[Opening Records shown section]

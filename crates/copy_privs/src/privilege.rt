ghost use Rattle.std.specs.Prelude.{◌≡◌, ℕ, List, IfOk, Ok, Some};
ghost use Rattle.copy_privs.specs.Forms.{privilege, privilege_row, privilege_own, privilege_name, privilege_spell, PrivilegeFits, row_of};
ghost use Rattle.copy_privs.specs.Told.{privilege_told, told_in, IsFound, IsRow};
ghost use Rattle.copy_privs.specs.declared.privilege.Privilege.{Privilege};

use crate::PrivFault;
use nfs_base::{MOST_NET_LOCS, NAME_LIMIT, NetLoc, SECRET_LEAST, SECRET_LIMIT};
use outcome::Mem;
use std::alloc::Global;
use wire_xdr::{Items, Octets, ReadError, Reader, Writer, Xdr, XdrBy, read_by};

/// What a context may carry besides its principal (RFC 7862 section 4.10.1.1). A secret has 16 to 64 bytes, and
/// is the copy's own; a user's name and a code have at most 64.
#[derive(Drop)]
pub enum Privilege {
    /// copy_from_auth, from the client to the source: this destination may read by the secret, for the user.
    From {
        secret: Octets,
        destination: NetLoc,
        user: Octets,
    },

    /// copy_to_auth, from the client to the destination: it may read from these places by the secret, for
    /// the user.
    To {
        secret: Octets,
        sources: Items<NetLoc>,
        user: Octets,
    },

    /// copy_confirm_auth, from the destination to the source: it knows the secret of the user's copy.
    Confirm {
        mic: Octets,
        user: Octets,
    },
}

const FROM: u32 = 0;

const TO: u32 = 1;

const CONFIRM: u32 = 2;

impl Privilege {
    /// The name under which CREATE carries it.
    pub fn name(&self) -> &'static [u8]
        ensures { result.now ≡ privilege_name self.now }
    {
        match self {
            Privilege::From { .. } => b"copy_from_auth",
            Privilege::To { .. } => b"copy_to_auth",
            Privilege::Confirm { .. } => b"copy_confirm_auth",
        }
    }
}

impl XdrBy for Privilege {
    ghost form = { privilege };

    ghost number_of = { privilege_row };

    #[tactic(auto, unfolding(crate::specs::Forms::privilege))]
    fn parse_by(alloc: Global, number: u32, reader: &mut Reader) -> Result<Privilege, ReadError> {
        match number {
            FROM => Ok(Privilege::From {
                secret: Octets::parse_between(alloc, reader, SECRET_LEAST, SECRET_LIMIT)?,
                destination: NetLoc::parse(alloc, reader)?,
                user: Octets::parse(alloc, reader, NAME_LIMIT)?,
            }),
            TO => Ok(Privilege::To {
                secret: Octets::parse_between(alloc, reader, SECRET_LEAST, SECRET_LIMIT)?,
                sources: Items::parse(alloc, reader, MOST_NET_LOCS)?,
                user: Octets::parse(alloc, reader, NAME_LIMIT)?,
            }),
            CONFIRM => Ok(Privilege::Confirm {
                mic: Octets::parse(alloc, reader, NAME_LIMIT)?,
                user: Octets::parse(alloc, reader, NAME_LIMIT)?,
            }),
            _ => Err(ReadError::at(reader.at())),
        }
    }

    #[tactic(auto, unfolding(crate::specs::Forms::privilege))]
    fn put_by(&self, writer: &mut Writer) -> Mem<()> {
        match self {
            Privilege::From {
                secret,
                destination,
                user,
            } => {
                secret.put(writer)?;
                destination.put(writer)?;
                user.put(writer)
            }
            Privilege::To {
                secret,
                sources,
                user,
            } => {
                secret.put(writer)?;
                sources.put(writer)?;
                user.put(writer)
            }
            Privilege::Confirm { mic, user } => {
                mic.put(writer)?;
                user.put(writer)
            }
        }
    }

    ghost own = { privilege_own };
}

/// The row of a name in the table of privileges.
fn row_of(name: &[u8]) -> Option<u32>
    ensures { result ≡ row_of name.now }
{
    if name == b"copy_from_auth".as_slice() {
        return Some(FROM);
    }
    if name == b"copy_to_auth".as_slice() {
        return Some(TO);
    }
    if name == b"copy_confirm_auth".as_slice() {
        return Some(CONFIRM);
    }
    None
}

/// Reads the privilege of a name, which is all of the bytes. `UnknownName` comes exactly where the name is
/// none of the three; otherwise `BadXdr` names the first item that is refused, or where bytes follow.
pub fn read_privilege(alloc: Global, name: &[u8], bytes: &[u8]) -> Mem<Result<Privilege, PrivFault>>
    ensures exact { IfOk result (λ told. told ≡ privilege_told name.now bytes.now) }
    ensures found { IfOk result (IsFound name.now bytes.now) }
    ensures only { (p : Privilege) → name.now ≡ privilege_name p → PrivilegeFits p → bytes.now ≡ privilege_spell p → IfOk result (λ told. told ≡ Ok p) }
{
    match row_of(name) {
        Some(row) => read_row(alloc, row, bytes),
        None => Ok(Err(PrivFault::UnknownName)),
    }
}

fn read_row(alloc: Global, row: u32, bytes: &[u8]) -> Mem<Result<Privilege, PrivFault>>
    ensures exact { IfOk result (λ told. told ≡ told_in (Some row) bytes.now) }
    ensures found { IfOk result (IsRow row bytes.now) }
    ensures only { (p : Privilege) → (privilege row).Fits p → bytes.now ≡ (privilege row).spell p → IfOk result (λ told. told ≡ Ok p) }
{
    let mut reader = Reader::new(bytes);
    match read_by::<Privilege>(alloc, row, &mut reader)? {
        Ok(privilege) => {
            if reader.rest().is_empty() {
                return Ok(Ok(privilege));
            }
            Ok(Err(PrivFault::BadXdr { at: reader.at() }))
        }
        Err(bad) => Ok(Err(PrivFault::BadXdr { at: bad.at })),
    }
}

/// The spelling of a privilege, which stands in CREATE under its name. Each location's strings and the number
/// of the sources must be within their limits, and so must the secret, the code and the user.
pub fn write_privilege(alloc: Global, value: &Privilege) -> Mem<Octets>
    requires { PrivilegeFits value.now }
    ensures { IfOk result (λ bytes. bytes ≡ privilege_spell value.now) }
{
    let mut writer = Writer::new(alloc)?;
    value.put_by(&mut writer)?;
    Ok(writer.finish())
}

[Closing Records shown section]

Whenever a line in the material contains the word "code", copy that line.

## Task response:
/// is the copy's own; a user's name and a code have at most 64.
/// of the sources must be within their limits, and so must the secret, the code and the user.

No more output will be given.